Microsoft announced that users of Outlook, OneDrive, Family Safety, and more can now opt out of using passwords and choose alternative authentication methods, predicting that “the future is passwordless.”
This comes after the company announced that passwordless sign-in was generally available for commercial users, bringing the feature to enterprise organizations around the world. Some of the main reasons why the company thinks that going passwordless is the next step is because passwords can make people an easy target, they waste time with 43% of people experiencing password problems monthly, they aren’t user friendly, and many people forget them, according to Vasu Jakkal, the CVP of Microsoft Security, Compliance & Identity. Jakkal wrote in a blog post:
“We are expected to create complex and unique passwords, remember them and change them frequently, but nobody likes doing that either. In a recent Microsoft Twitter poll, one in five people reported they would rather accidentally “reply all” — which can be monumentally embarrassing — than reset a password.”
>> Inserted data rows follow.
//! Room for variables: slots, frames and globals.

ghost use Rattle.std.specs.Prelude.{◌≡◌, ◌+◌, ◌<◌, min, Option, Some, None};
ghost use Rattle.ob_types.specs.TypedView.{stmt_view, stmts_view, branches_view, cases_view, otherwise_view, procedure_view, module_view};
ghost use Rattle.ob_layout.specs.Lists.{sum_of};
ghost use Rattle.ob_layout.specs.Words.{words_of as words_in_map};
ghost use Rattle.ob_layout.specs.Room.{slots as slots_of, hidden_words, hidden_of_all, hidden_of_branches, hidden_of_cases, hidden_of_else, frame_words as frame_words_of, variable_words as variable_words_of};

use crate::words::counted_words;
use ob_types::{
    Passing, TypedBranch, TypedCase, TypedModule, TypedParameter, TypedProcedure, TypedStmt,
    TypedVariable, Types,
};

/// More words than any number of 32 bits.
const MANY: u64 = 4_294_967_296;

// Both, those above so many as that number.
fn plus(a: u64, b: u64) -> u64
    ensures { result ≡ min (a + b) 4294967296 }
{
    a.saturating_add(b).min(MANY)
}

/// The words of a parameter in an activation: 1 for a scalar value, a structured value and a VAR
/// parameter; 2 for an open array, and for a record by VAR. Takes no memory.
pub fn slots(passing: Passing) -> u32
    ensures { result ≡ slots_of passing }
{
    match passing {
        Passing::Scalar => 1,
        Passing::Structure => 1,
        Passing::OpenArray => 2,
        Passing::Variable => 1,
        Passing::VariableRecord => 2,
        Passing::VariableOpenArray => 2,
    }
}

#[cycle(hidden)]
#[tactic(auto, using(crate::proofs::Counted::hidden_steps))]
fn hidden_of_stmt(s: &TypedStmt) -> u64
    ensures { result ≡ min (hidden_words (stmt_view s.now)) 4294967296 }
{
    match s {
        TypedStmt::If {
            branches,
            otherwise,
        } => plus(
            hidden_in_branches(branches.as_slice()),
            hidden_in(otherwise.as_slice()),
        ),
        TypedStmt::Case {
            cases,
            otherwise,
            ..
        } => plus(
            1,
            plus(
                hidden_in_cases(cases.as_slice()),
                match otherwise {
                    None => 0,
                    Some(body) => hidden_in(body.as_slice()),
                },
            ),
        ),
        TypedStmt::While { body, .. } => hidden_in(body.as_slice()),
        TypedStmt::Repeat { body, .. } => hidden_in(body.as_slice()),
        TypedStmt::For { body, .. } => plus(1, hidden_in(body.as_slice())),
        TypedStmt::Loop { body, .. } => hidden_in(body.as_slice()),
        TypedStmt::With {
            branches,
            otherwise,
            ..
        } => plus(
            hidden_in_branches(branches.as_slice()),
            match otherwise {
                None => 0,
                Some(body) => hidden_in(body.as_slice()),
            },
        ),
        TypedStmt::Assign { .. } => 0,
        TypedStmt::Call(_) => 0,
        TypedStmt::Update { .. } => 0,
        TypedStmt::Copy { .. } => 0,
        TypedStmt::New { .. } => 0,
        TypedStmt::NewOpenArray { .. } => 0,
        TypedStmt::Assert { .. } => 0,
        TypedStmt::Halt { .. } => 0,
        TypedStmt::Exit => 0,
        TypedStmt::Return(_) => 0,
    }
}

#[cycle(hidden)]
#[tactic(auto, using(crate::proofs::Counted::capped_more))]
fn hidden_in(body: &[TypedStmt]) -> u64
    ensures { result ≡ min (hidden_of_all (stmts_view body.now)) 4294967296 }
{
    let mut total = 0;
    'statements: for s in body {
        total = plus(total, hidden_of_stmt(s));
    }
    total
}

#[cycle(hidden)]
#[tactic(auto, using(crate::proofs::Counted::capped_more))]
fn hidden_in_branches(branches: &[TypedBranch]) -> u64
    ensures { result ≡ min (hidden_of_branches (branches_view branches.now)) 4294967296 }
{
    let mut total = 0;
    'branches: for branch in branches {
        total = plus(total, hidden_in(branch.body.as_slice()));
    }
    total
}

#[cycle(hidden)]
#[tactic(auto, using(crate::proofs::Counted::capped_more))]
fn hidden_in_cases(cases: &[TypedCase]) -> u64
    ensures { result ≡ min (hidden_of_cases (cases_view cases.now)) 4294967296 }
{
    let mut total = 0;
    'cases: for case in cases {
        total = plus(total, hidden_in(case.body.as_slice()));
    }
    total
}

/// The words of the locals that FOR and CASE have, one for each, those above 4,294,967,296 as that
/// number. Takes no memory.
pub fn hidden_locals(body: &[TypedStmt]) -> u64
    ensures { result ≡ min (hidden_of_all (stmts_view body.now)) 4294967296 }
{
    hidden_in(body)
}

#[tactic(auto, using(crate::proofs::Counted::capped_more))]
fn slots_in(parameters: &[TypedParameter]) -> u64
    ensures { result ≡ min (sum_of (λ x. slots_of x.passing) parameters.now) 4294967296 }
{
    let mut total = 0;
    'parameters: for parameter in parameters {
        total = plus(total, slots(parameter.passing) as u64);
    }
    total
}

/// The words of variables, those above 4,294,967,296 as that number. Takes no memory.
#[tactic(auto, using(crate::proofs::Counted::capped_more))]
pub fn words_of_variables<T: Types>(types: &T, variables: &[TypedVariable]) -> u64
    ensures { result ≡ min (sum_of (λ v. words_in_map (T.types types.now) v.of) variables.now) 4294967296 }
{
    let mut total = 0;
    'variables: for variable in variables {
        total = plus(total, counted_words(types, &variable.of));
    }
    total
}

/// The words of an activation without the copies of its structured values, by the descriptions of
/// types: its parameters, its locals, and one for each FOR and CASE; those above 4,294,967,296 as
/// that number. Takes no memory.
#[tactic(auto, using(crate::proofs::Counted::capped_plus, crate::proofs::Counted::capped_frame))]
pub fn frame_words<T: Types>(types: &T, procedure: &TypedProcedure) -> u64
    ensures { result ≡ min (frame_words_of (λ t. words_in_map (T.types types.now) t) (procedure_view procedure.now)) 4294967296 }
{
    plus(
        slots_in(procedure.parameters.as_slice()),
        plus(
            words_of_variables(types, procedure.locals.as_slice()),
            hidden_locals(procedure.body.as_slice()),
        ),
    )
}

/// The words of a module's variables, by the descriptions of types, those above 4,294,967,296 as
/// that number. Takes no memory.
pub fn variable_words<T: Types>(types: &T, module: &TypedModule) -> u64
    ensures { result ≡ min (variable_words_of (λ t. words_in_map (T.types types.now) t) (module_view «module».now)) 4294967296 }
{
    words_of_variables(types, module.variables.as_slice())
}
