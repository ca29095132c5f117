//! Items put in order.

ghost use Rattle.std.specs.Prelude.{◌≡◌, IfOk};
ghost use Rattle.ob_layout.specs.Lists.{in_order};

use std::alloc::{AllocError, Global};
use std::collections::BTreeSet;

/// The items that stand in a list, in their order; of those that are equal in it, the last. An `Err`
/// is a want of memory.
pub fn ordered_set<T: Ord + Drop>(
    alloc: Global,
    found: Vec<T>,
) -> Result<BTreeSet<T, Global>, AllocError>
    ensures { IfOk result (λ s. s.keys ≡ in_order T.cmp found.items) }
{
    let mut left = found;
    let mut set = BTreeSet::new(alloc);
    'entries: while let Some(entry) = left.pop() {
        set.insert(entry)?;
    }
    Ok(set)
}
Passwords are also a major entry point for hackers with an estimated 579 password attacks every second — that’s 18 billion every year. Password-related attacks dominate attacks on enterprises, and 90% of respondents to the State of Passwordless Authentication 2021 report said they experienced phishing attacks against their organization. The report was produced by Cybersecurity Insiders, a 500,000 member community for information security professionals.
The FIDO Alliance also found that 61% of companies revealed that their “passwordless” multi-factor authentication methods still rely on underlying passwords.
However, many companies have been shifting to using truly passwordless solutions with 96% of respondents to the report saying that they want to stop using shared secrets for authentication. The FIDO Alliance wrote in the report:
“There is a common notion among technologists, analysts, regulators, and the media that passwords aren’t going anywhere. This report tells a very different story from the practitioners’ point of view. Not only have a meaningful number of organizations already deployed passwordless technology, but they also demonstrate a clear understanding of its impact and use cases.”
Some of the alternative authentication methods that Microsoft now offers include the Microsoft Authenticator app, Windows Hello, a security key, or a verification code sent to your phone or email.
Microsoft software users can now visit account.microsoft.com, sign in, and choose Advanced Security Options. Under “Additional Security,” you’ll see “Passwordless Account.” Select ‘Turn on.’
Jakkal added that they have heard great feedback from their enterprise customers who have been on the passwordless journey. He noted that Microsoft itself is a great test case — nearly 100% of their employees use passwordless options to log in to their corporate accounts.